A special issue of Catalysts (ISSN 2073-4344).

Deadline for manuscript submissions: closed (15 February 2021) | Viewed by 16834

Special Issue Editor

Dr. Stephane Loridant

E-Mail Website
Guest Editor
Institut de Recherches sur la Catalyse et l’Environnement de Lyon, IRCELYON, CNRS-Université Claude Bernard Lyon 1, 2 Av. Einstein, CEDEX, F-69626 Villeurbanne, France
Interests: oxides catalysts; selective oxidation catalysis; acid-base catalysis; alkanes and biosourced molecules; C1 chemistry; in situ/operando Raman and IR spectroscopies

Special Issue Information

Dear Colleagues,

Knowledge of the structure and composition of active sites is crucial to understand heterogeneous catalysts and design more efficient ones. This is particularly true since the scarcity of some elements such as noble elements widely used in energy and environment fields will require doing better with less. As suggested by Taylor in 1925, active sites are considered as atoms or ensembles of atoms sparse on the surface which directly catalyze a reaction. Active sites change in a dynamic way during adsorption of reactants or reaction intermediates, and this dynamic restructuring plays an important role in bond activation. Detailed description of active sites using advanced in situ/operando techniques with high temporal and spatial resolutions as well as DFT modeling allow establishing structure–activity relationships. They are particularly interesting for single atoms and subnanometric clusters, which can be distinguished by the atomically resolved microscopes. The investigation of their catalytic properties compared to nanosized particles is crucial to determine if their presence has to be favored or avoided. Furthermore, the interface between such sites and support also deserves investigation, considering their limited size (few atoms) and since they play a key role in their structural and electronic properties, leading to important support effects. Stability and regeneration of active sites are also important topics since, for instance, they can be poisoned with relatively few molecules present in a complex feed. Finally, the design of multifunctional catalysts has led the catalysis community to investigate the role of nanoscale intimacy as well as other effects at atomic and long-range scales.

In this context, I am inviting you to submit your recent achievements to this Special Issue on “Active Sites in Heterogeneous Catalysis” in the form of original research articles or short reviews. Heterogeneous catalysis includes photo- and electrocatalysis and covers all application fields.

 

Dr. Stephane Loridant
Guest Editor

Manuscript Submission Information

Manuscripts should be submitted online at www.mdpi.com by registering and logging in to this website. Once you are registered, click here to go to the submission form. Manuscripts can be submitted until the deadline. All submissions that pass pre-check are peer-reviewed. Accepted papers will be published continuously in the journal (as soon as accepted) and will be listed together on the special issue website. Research articles, review articles as well as short communications are invited. For planned papers, a title and short abstract (about 100 words) can be sent to the Editorial Office for announcement on this website.

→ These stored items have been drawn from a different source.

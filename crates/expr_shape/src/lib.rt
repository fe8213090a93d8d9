//! What a JSON object says of itself as an expression, before any part of it is read. No call takes memory.
#![tactic(auto)]

mod kind;
mod members;
mod shape;
mod shaping;

pub use shape::Shape;
pub use shaping::shape_of;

Submitted manuscripts should not have been published previously, nor be under consideration for publication elsewhere (except conference proceedings papers). All manuscripts are thoroughly refereed through a single-blind peer-review process. A guide for authors and other relevant information for submission of manuscripts is available on the Instructions for Authors page. Catalysts is an international peer-reviewed open access monthly journal published by MDPI.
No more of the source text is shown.